Only one stretch of the data below is needed. Output the lines from the one with "slots.old ++ take" up to and including the one with "copies + n) slots.new ≡ take len slots.old", exactly as they stand.

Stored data
============================================================

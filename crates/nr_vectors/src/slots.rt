//! Slots in a row, the first of which hold items: what is added to these, and taken away.
ghost use Rattle.std.specs.Prelude.{◌≡◌, ◌+◌, ◌-◌, ◌<◌, ◌≤◌, ◌++◌, length, take, replicate, true, false};
ghost use Rattle.std.specs.List.{insert, remove};

/// How many items are copied at once where no more than so many are added.
const CHUNK: usize = 8;

/// Writes items after the first `len`.
#[inline]
pub(crate) fn add<T: Copy>(slots: &mut [T], len: usize, more: &[T])
    requires { len + length more.now ≤ length slots.old }
    ensures items { take (len + length more.now) slots.new ≡ take len slots.old ++ more.now }
    ensures number { length slots.new ≡ length slots.old }
{
    slots[len..len + more.len()].copy_from_slice(more);
}

/// Writes the first n of these items after the first `len`, where these are few and there are slots for a few more: then a few
/// more are copied, as a copy of a fixed length is the cheapest. Else it writes none, and returns false.
#[inline(always)]
pub(crate) fn add_few<T: Copy>(slots: &mut [T], len: usize, more: &[T], n: usize) -> bool
    requires { len ≤ length slots.old }
    ensures items { result ≡ true → take (len + n) slots.new ≡ take len slots.old ++ take n more.now }
    ensures within { result ≡ true → len + n ≤ length slots.new }
    ensures left { result ≡ false → slots.new ≡ slots.old }
    ensures number { length slots.new ≡ length slots.old }
{
    if n <= CHUNK && more.len() >= CHUNK && slots.len() - len >= CHUNK {
        slots[len..len + CHUNK].copy_from_slice(&more[..CHUNK]);
        return true;
    }
    false
}

/// Writes n copies of an item after the first `len`.
#[inline]
pub(crate) fn add_copies<T: Copy>(slots: &mut [T], len: usize, item: T, n: usize)
    requires { len + n ≤ length slots.old }
    ensures items { take (len + n) slots.new ≡ take len slots.old ++ replicate n item }
    ensures number { length slots.new ≡ length slots.old }
{
    set_all(&mut slots[len..len + n], item);
}

/// The same where these are few and there are slots for a few more: else it writes none, and returns false.
#[inline(always)]
pub(crate) fn add_few_copies<T: Copy>(slots: &mut [T], len: usize, item: T, n: usize) -> bool
    requires { len ≤ length slots.old }
    ensures items { result ≡ true → take (len + n) slots.new ≡ take len slots.old ++ replicate n item }
    ensures within { result ≡ true → len + n ≤ length slots.new }
    ensures left { result ≡ false → slots.new ≡ slots.old }
    ensures number { length slots.new ≡ length slots.old }
{
    if n <= CHUNK && slots.len() - len >= CHUNK {
        slots[len..len + CHUNK].copy_from_slice(&[item; CHUNK]);
        return true;
    }
    false
}

/// Writes copies of an item after the first `len`, and after them the first n of these items, where both are few and there are
/// slots for a few more of both: else it writes none, and returns false.
#[inline(always)]
pub(crate) fn add_few_after_copies<T: Copy>(
    slots: &mut [T],
    len: usize,
    item: T,
    copies: usize,
    more: &[T],
    n: usize,
) -> bool
    requires { len ≤ length slots.old }
    ensures items { result ≡ true → take (len + copies + n) slots.new ≡ take len slots.old
        ++ replicate copies item ++ take n more.now }
    ensures within { result ≡ true → len + copies + n ≤ length slots.new }
    ensures left { result ≡ false → slots.new ≡ slots.old }
    ensures number { length slots.new ≡ length slots.old }
{
    if copies <= CHUNK && n <= CHUNK && more.len() >= CHUNK && slots.len() - len >= 2 * CHUNK {
        let near = &mut slots[len..len + 2 * CHUNK];
        near[..CHUNK].copy_from_slice(&[item; CHUNK]);
        near[copies..copies + CHUNK].copy_from_slice(&more[..CHUNK]);
        return true;
    }
    false
}

/// Puts an item before the one at a place of the first `len`, or after them.
#[inline]
pub(crate) fn insert_item<T: Copy>(slots: &mut [T], len: usize, place: usize, item: T)
    requires within { place ≤ len }
    requires room { len < length slots.old }
    ensures items { take (len + 1) slots.new ≡ insert (take len slots.old) place item }
    ensures number { length slots.new ≡ length slots.old }
{
    slots.copy_within(place..len, place + 1);
    slots[place] = item;
}

/// Takes the item at a place of the first `len` away.
#[inline]
pub(crate) fn remove_item<T: Copy>(slots: &mut [T], len: usize, place: usize)
    requires within { place < len }
    requires number { len ≤ length slots.old }
    ensures items { take (len - 1) slots.new ≡ remove (take len slots.old) place }
    ensures number { length slots.new ≡ length slots.old }
{
    slots.copy_within(place + 1..len, place);
}

/// Puts the item everywhere.
fn set_all<T: Copy>(slots: &mut [T], item: T)
    ensures { slots.new ≡ replicate (length slots.old) item }
{
    for slot in slots.iter_mut() {
        *slot = item;
    }
}
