//! Nothing for other crates: tests of a page's own characters: texts that are looked at, coded and shown again.
//!
//! It stands on utf8_own_characters, utf8_own_stage, utf8_own_sink, document_stages, nr_vectors and nr_units. To read: `texts`, `come_back`.
#![tactic(auto)]

#[cfg(test)]
mod come_back;
#[cfg(test)]
mod texts;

============================================================

Exercise output ->
    ensures items { result ≡ true → take (len + n) slots.new ≡ take len slots.old ++ take n more.now }
    ensures within { result ≡ true → len + n ≤ length slots.new }
    ensures left { result ≡ false → slots.new ≡ slots.old }
    ensures number { length slots.new ≡ length slots.old }
{
    if n <= CHUNK && more.len() >= CHUNK && slots.len() - len >= CHUNK {
        slots[len..len + CHUNK].copy_from_slice(&more[..CHUNK]);
        return true;
    }
    false
}

/// Writes n copies of an item after the first `len`.
#[inline]
pub(crate) fn add_copies<T: Copy>(slots: &mut [T], len: usize, item: T, n: usize)
    requires { len + n ≤ length slots.old }
    ensures items { take (len + n) slots.new ≡ take len slots.old ++ replicate n item }
    ensures number { length slots.new ≡ length slots.old }
{
    set_all(&mut slots[len..len + n], item);
}

/// The same where these are few and there are slots for a few more: else it writes none, and returns false.
#[inline(always)]
pub(crate) fn add_few_copies<T: Copy>(slots: &mut [T], len: usize, item: T, n: usize) -> bool
    requires { len ≤ length slots.old }
    ensures items { result ≡ true → take (len + n) slots.new ≡ take len slots.old ++ replicate n item }
    ensures within { result ≡ true → len + n ≤ length slots.new }
    ensures left { result ≡ false → slots.new ≡ slots.old }
    ensures number { length slots.new ≡ length slots.old }
{
    if n <= CHUNK && slots.len() - len >= CHUNK {
        slots[len..len + CHUNK].copy_from_slice(&[item; CHUNK]);
        return true;
    }
    false
}

/// Writes copies of an item after the first `len`, and after them the first n of these items, where both are few and there are
/// slots for a few more of both: else it writes none, and returns false.
#[inline(always)]
pub(crate) fn add_few_after_copies<T: Copy>(
    slots: &mut [T],
    len: usize,
    item: T,
    copies: usize,
    more: &[T],
    n: usize,
) -> bool
    requires { len ≤ length slots.old }
    ensures items { result ≡ true → take (len + copies + n) slots.new ≡ take len slots.old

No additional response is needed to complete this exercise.